*Exercise aim:* Every line of the entries with the word "TheConstants" in it should be shown.

(Stored data entries)
* * * * * * * * *

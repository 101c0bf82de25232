//! What lengths are, in u.
ghost use Rattle.aperture_macros.specs.declared.expression.TheConstants.{MOST_TERMS};
ghost use Rattle.std.specs.Prelude.{◌≡◌, ◌≤◌, ◌*◌, pos, IfOk};
ghost use Rattle.planar.specs.Plane.{IsPlaced, IsReached};
ghost use Rattle.contact.specs.declared.TheConstants.{MOST_DIAMETER};
ghost use Rattle.lengths.specs.Grid.{position_of};
ghost use Rattle.aperture_macros.specs.Values as spec;

use crate::body_word::part;
use crate::expression::{
    MOST_TERMS, first_factor, first_term, further_terms, is_product, second_factor, variable_number,
};
use crate::fault::MacroFault;
use contact::MOST_DIAMETER;
use lengths::decimal::{Decimal, Unit, has_minus, read_decimal, unsigned};
use planar::{METRE, Spot};

/// Diameters of polygons are whole in parts of which a u has so many, as those of `slants` are.
pub const PARTS: u64 = 10_000;

// How many parts of 10^-7 times 1 u are such a part.
const PARTS_OF_PRODUCT: u64 = 10_000_000 / PARTS;

// The position that a decimal is, which stands for itself or for a parameter.
fn position(decimal: &Decimal, unit: Unit) -> Result<i64, MacroFault>
    ensures value { result ≡ spec.as_fault (position_of decimal.now unit) }
    ensures reached { IfOk result IsReached }
{
    match decimal.position(unit) {
        Ok(len) => Ok(len.u()),
        Err(fault) => Err(fault.choose(MacroFault::OffGrid, MacroFault::OutOfRange)),
    }
}

// What the k-th parameter is, which count from 1: 0 where there is none.
#[tactic(auto, unfolding(crate::specs::Values::variable_at))]
fn variable(minus: bool, k: u32, parameters: &[Decimal], unit: Unit) -> Result<i64, MacroFault>
    requires some { 1 ≤ k }
    ensures value { result ≡ spec.variable_at minus k parameters.now unit }
    ensures reached { IfOk result IsReached }
{
    match parameters.get(k as usize - 1) {
        None => Ok(0),
        Some(decimal) => {
            let u = position(decimal, unit)?;
            Ok(if minus { -u } else { u })
        },
    }
}

// The position that a term is, with the sign before it.
#[tactic(auto, unfolding(crate::specs::Values::term_at))]
fn term(text: &[u8], parameters: &[Decimal], unit: Unit) -> Result<i64, MacroFault>
    ensures value { result ≡ spec.term_at text.now parameters.now unit }
    ensures reached { IfOk result IsReached }
{
    match variable_number(unsigned(text)) {
        Some(k) => variable(has_minus(text), k, parameters, unit),
        None => match read_decimal(text) {
            None => Err(MacroFault::BadMacro),
            Some(decimal) => position(&decimal, unit),
        },
    }
}

// What the terms of an expression come to.
#[tactic(auto, unfolding(crate::specs::Values::sum_from))]
fn sum(text: &[u8], parameters: &[Decimal], unit: Unit) -> Result<i64, MacroFault>
    ensures { result ≡ spec.sum_from MOST_TERMS (pos 0) text.now parameters.now unit }
{
    let mut rest = text;
    let mut sum = 0;
    for _ in 0..MOST_TERMS {
        if rest.is_empty() {
            return Ok(sum);
        }
        let one = first_term(rest);
        sum += term(one, parameters, unit)?;
        rest = further_terms(rest);
    }
    if rest.is_empty() {
        Ok(sum)
    } else {
        Err(MacroFault::BadMacro)
    }
}

/// A coordinate in u, at most 1 m from 0; or its fault.
#[tactic(auto, unfolding(crate::specs::Values::coordinate_at))]
pub fn coordinate(text: &[u8], parameters: &[Decimal], unit: Unit) -> Result<i64, MacroFault>
    ensures value { result ≡ spec.coordinate_at text.now parameters.now unit }
    ensures reached { IfOk result IsReached }
{
    let u = sum(text, parameters, unit)?;
    if u.unsigned_abs() > METRE {
        return Err(MacroFault::OutOfRange);
    }
    Ok(u)
}

/// A width or a height in u: even, and from 0 to 1 m; or its fault.
#[tactic(auto, unfolding(crate::specs::Values::size_at))]
pub fn size(text: &[u8], parameters: &[Decimal], unit: Unit) -> Result<u64, MacroFault>
    ensures value { result ≡ spec.size_at text.now parameters.now unit }
    ensures small { IfOk result (λ n. n ≤ METRE) }
{
    let u = coordinate(text, parameters, unit)?;
    if u.unsigned_abs() % 2 != 0 {
        return Err(MacroFault::OffGrid);
    }
    if u < 0 {
        return Err(MacroFault::OutOfRange);
    }
    Ok(u.unsigned_abs())
}

/// A diameter in u: even, and at most `MOST_DIAMETER`; or its fault.
#[tactic(auto, unfolding(crate::specs::Values::diameter_at))]
pub fn diameter(text: &[u8], parameters: &[Decimal], unit: Unit) -> Result<u64, MacroFault>
    ensures value { result ≡ spec.diameter_at text.now parameters.now unit }
    ensures small { IfOk result (λ n. n ≤ MOST_DIAMETER) }
{
    let d = size(text, parameters, unit)?;
    if d > MOST_DIAMETER {
        return Err(MacroFault::OutOfRange);
    }
    Ok(d)
}

// What is not below 0.
fn natural(u: i64) -> Result<u64, MacroFault>
    requires { IsReached u }
    ensures value { result ≡ spec.as_natural u }
    ensures small { IfOk result (λ n. n ≤ METRE) }
{
    if u < 0 {
        Err(MacroFault::OutOfRange)
    } else {
        Ok(u.unsigned_abs())
    }
}

/// A width or a height in u that may be odd, from 0 to 1 m; or its fault.
#[tactic(auto, unfolding(crate::specs::Values::extent_at))]
pub fn extent(text: &[u8], parameters: &[Decimal], unit: Unit) -> Result<u64, MacroFault>
    ensures value { result ≡ spec.extent_at text.now parameters.now unit }
    ensures small { IfOk result (λ n. n ≤ METRE) }
{
    let u = coordinate(text, parameters, unit)?;
    natural(u)
}

// A factor: a length, or a number as in mm, in parts of 10^-7.
#[tactic(auto, unfolding(crate::specs::Values::factor_at))]
fn factor(text: &[u8], parameters: &[Decimal], unit: Unit) -> Result<u64, MacroFault>
    ensures value { result ≡ spec.factor_at text.now parameters.now unit }
    ensures small { IfOk result (λ n. n ≤ METRE) }
{
    let u = term(text, parameters, unit)?;
    natural(u)
}

// A number times a length, in parts of which a u has `PARTS`.
#[tactic(auto, unfolding(crate::specs::Values::product_at))]
fn product(text: &[u8], parameters: &[Decimal], unit: Unit) -> Result<u128, MacroFault>
    ensures value { result ≡ spec.product_at text.now parameters.now unit }
{
    let number = factor(first_factor(text), parameters, Unit::Mm)?;
    let length = factor(second_factor(text), parameters, unit)?;
    let product = u128::from(number) * u128::from(length);
    if product % u128::from(PARTS_OF_PRODUCT) == 0 {
        Ok(product / u128::from(PARTS_OF_PRODUCT))
    } else {
        Err(MacroFault::OffGrid)
    }
}

// A whole number of u, in such parts.
#[tactic(auto, unfolding(crate::specs::Values::whole_at))]
fn whole(text: &[u8], parameters: &[Decimal], unit: Unit) -> Result<u128, MacroFault>
    ensures value { result ≡ spec.whole_at text.now parameters.now unit }
{
    let n = extent(text, parameters, unit)?;
    Ok(u128::from(n) * u128::from(PARTS))
}

/// The diameter of a polygon, which may be a product, in parts of which a u has `PARTS`: at most `MOST_DIAMETER`; or its
/// fault.
#[tactic(auto, unfolding(crate::specs::Values::across_at))]
pub fn across(text: &[u8], parameters: &[Decimal], unit: Unit) -> Result<u64, MacroFault>
    ensures value { result ≡ spec.across_at text.now parameters.now unit }
    ensures small { IfOk result (λ d. d ≤ MOST_DIAMETER * PARTS) }
{
    let d = if is_product(text) {
        product(text, parameters, unit)?
    } else {
        whole(text, parameters, unit)?
    };
    if d > u128::from(MOST_DIAMETER * PARTS) {
        return Err(MacroFault::OutOfRange);
    }
    Ok(d as u64)
}

/// The point, in u, that the first two parts of a text are; or the first fault of the two.
#[tactic(auto, unfolding(crate::specs::Values::point_at))]
pub fn point(text: &[u8], parameters: &[Decimal], unit: Unit) -> Result<Spot, MacroFault>
    ensures value { result ≡ spec.point_at text.now parameters.now unit }
    ensures placed { IfOk result IsPlaced }
{
    let x = coordinate(part(0, text), parameters, unit)?;
    let y = coordinate(part(1, text), parameters, unit)?;
    Ok(Spot { x, y })
}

* * * * * * * * *

*Result:*
ghost use Rattle.aperture_macros.specs.declared.expression.TheConstants.{MOST_TERMS};
ghost use Rattle.contact.specs.declared.TheConstants.{MOST_DIAMETER};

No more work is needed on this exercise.